The approach works as follows:
- Setup Nginx access logs
- Stream logs to CloudWatch
- Setup metric filters for the endpoints you want to monitor
- Visualize performance of endpoints using Grafana dashboards
This simplistic approach offered a number of benefits when compared to implementing a fully featured distributed tracing technology, such as:
- Reusing existing architecture components - We were already used Nginx as a reverse-proxy and had already enabled access logs for threat analytics.
- Cost-effective - Many tracing products are extremely expensive.
- Centralized logging and minimal configuration - No need to install tracing libraries in microservices or augment existing code.
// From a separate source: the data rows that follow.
//! Reads declarations of jobs, and joins them with a crontab and an anacrontab to a plan.
#![tactic(auto)]

mod clock;
mod declarations;
mod doubled;
mod entries;
mod forward;
mod join_rows;
mod joining;
mod laws;
mod lookups;
mod names;
mod naming;
mod parts;
mod reading;
mod rows;
mod terms;
mod twice;
mod twice_started;
mod when;

pub use cs_plan::{
    DeclError, DeclFault, Group, Job, MAX_CAPACITY, MAX_GROUPS, MAX_MINUTES, MAX_OFFSET,
    MAX_WEIGHT, Place, Plan, identifier_of, push_command_name, push_due_name,
};
pub use declarations::{Declarations, read_declarations};
pub use entries::{
    AnacronEntry, CronEntry, DefaultEntry, Entries, GroupEntry, LineName, PartEntry,
};
pub use joining::join;
pub use laws::{
    commands_are_those_of_lines, doubled_members_are_told, each_entry_names_one_line,
    each_line_has_its_job, entries_stay_with_commands, first_of_faults,
    guesses_and_untimed_lines_are_told, left_out_lines_have_no_entry, parts_make_up_the_whole,
};
pub use naming::is_named;
pub use twice_started::line_started_twice;
pub use when::{is_same_when, is_told_when, named_when};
There are definite advantages to this approach, but there are some downsides, and as your monitoring efforts become more advanced you might encounter some of these such as:
- Manual configuration of the routes to monitor - If you have a clear idea of the routes you want monitored then this is not a big deal, but if you want to automatically trace all routes then this could become a pain point.
- Inability to identify specific code/microservices causing delays - If you have a microservice architecture where one requests is actually orchestrated amongst multiple microservices, you won't be able to determine which one of these is causing your performance issue.
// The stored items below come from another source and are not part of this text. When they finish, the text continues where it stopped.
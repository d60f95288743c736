//! The answers to an epoch's calls as a list: appended one by one while the epoch runs, and read back as a slice or one
//! by one.
//!
//! Promises: an `AnswerLog` is the list of what was put into it, in order. Builds on `dp_base`, whose `Log` it
//! is.
//!
//! ```text
//! let mut log = AnswerLog::new(alloc);
//! log.put(Answer::Clock(7))?;
//! let mut at = 0;
//! while let Some(answer) = log.next(&mut at) { .. }
//! ```
#![tactic(auto)]

use dp_base::{Answer, Log};

/// The answers that an epoch took, in order.
pub type AnswerLog = Log<Answer>;
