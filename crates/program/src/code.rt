// Where a function's code stands in the payload.
ghost use Rattle.std.specs.Prelude.{◌≡◌, ◌+◌};
ghost use Rattle.rules.specs.Base.{word_at};
ghost use Rattle.rules.specs.Container.{payload};
ghost use Rattle.rules.specs.Records.{code_offset};
ghost use Rattle.rules.specs.Established.{Verified};
ghost use Rattle.rules.specs.There.{FunctionThere};

use readers::{alternative_offset, head};

// The offset of the first instruction, and the number of the last.
#[derive(Clone, Copy)]
pub struct Code {
    pub base: usize,
    pub last: usize,
}

// For the crates above: the code of the function whose head stands at an offset.
pub fn code_at(file: &[u8], at: usize) -> Code
    requires { Verified file.now × FunctionThere (payload file.now) at }
    ensures { (result.base ≡ code_offset (payload file.now) at)
        × (result.last ≡ word_at (payload file.now) (at + 8)) }
{
    let h = head(file, at);
    Code {
        base: alternative_offset(at, usize::from(h.alternatives)),
        last: usize::from(h.instructions),
    }
}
Where I think this approach works is when you want a broad overview of application performance and then later you can combine this approach with more detailed distributed tracing to drill into specific endpoints.
Now that we understand which use-case this approach covers, lets dig into how to actual implement it.
Setting up Nginx Access Logs
While you might already have access logs configured for your Nginx instances, the key thing to note here is that we want to expose all the required information for capturing performance details of the request and we want the logs to be formatted as json so that it's easy to implement the metric filters laters on.
The configuration below exposes all the properties captured by Nginx for a request and formats the log as json. You might not need all of these properties and in that case its best to only capture the properties that you need as that will minimize log processing and storage costs.
Stream logs to CloudWatch
This step varies significantly depending on how you are running your Nginx instances. For me, they are run using an AWS ElasticBeanstalk environment.
In ElasticBeanstalk, this configuration would live inside the logs.config
file which instructs the environment on how to capture logs of the workloads being run. The configuration would look something like this
### BEGIN .ebextensions/logs.config
option_settings:
- namespace: aws:elasticbeanstalk:cloudwatch:logs
option_name: StreamLogs
value: true
- namespace: aws:elasticbeanstalk:cloudwatch:logs
option_name: DeleteOnTerminate
value: false
- namespace: aws:elasticbeanstalk:cloudwatch:logs
option_name: RetentionInDays
value: 7
files:
"/etc/awslogs/config/beanstalklogs.conf":
mode: "000644"
owner: root
group: root
content: |
[/var/log/containers/nginx-proxy/access.log]
log_group_name=/aws/elasticbeanstalk/proxy/var/log/containers/nginx-proxy/access.log
log_stream_name={instance_id}
file=/var/log/containers/nginx-proxy/access.log
[/var/log/containers/nginx-proxy/error.log]
log_group_name=/aws/elasticbeanstalk/proxy/var/log/containers/nginx-proxy/error.log
log_stream_name={instance_id}
file=/var/log/containers/nginx-proxy/error.log
commands:
"00_restart_awslogs":
command: service awslogs restart
### END .ebextensions/logs.config
Once configured, you should then be able to explore the access logs through the CloudWatch console as shown below.
Setting up CloudWatch metric filters
Once the logs are accessible through CloudWatch log groups, you should be able to create a metric filter for the specific routes you want to monitor.
First, you specify the filter pattern that you want to match in your access logs. Here you can match on any of the properties that you captured in your log. In the image below, we match any log line where the request
property is a GET
and starts with the word query
.
Next, you specify a metric namespace and name for your custom metric and importantly, select the metric value that you want to capture. In the image below, we extract the request_time
from the log, for Nginx, this represents the total time taken to respond to a request.
Visualizing endpoint performance using Grafana
Now that your metric filter is setup, you can create a Grafana dashboard to visualize the performance of your endpoint. A sample query showing how this would look is shown in the image below.
Finally, you should see a graph similar to the one below. This will let you visualize the performance of any endpoint you have a metric filter setup for and track the performance over time. Additionally, you can setup alerts on this graph and be notified when the endpoint performance deviates from your baseline.
In summary, we covered how we can leverage Nginx access logs to visualize the performance of your application endpoints. We also touched on when this might be useful to you and when you should consider more in-depth technologies that implement distributed tracing.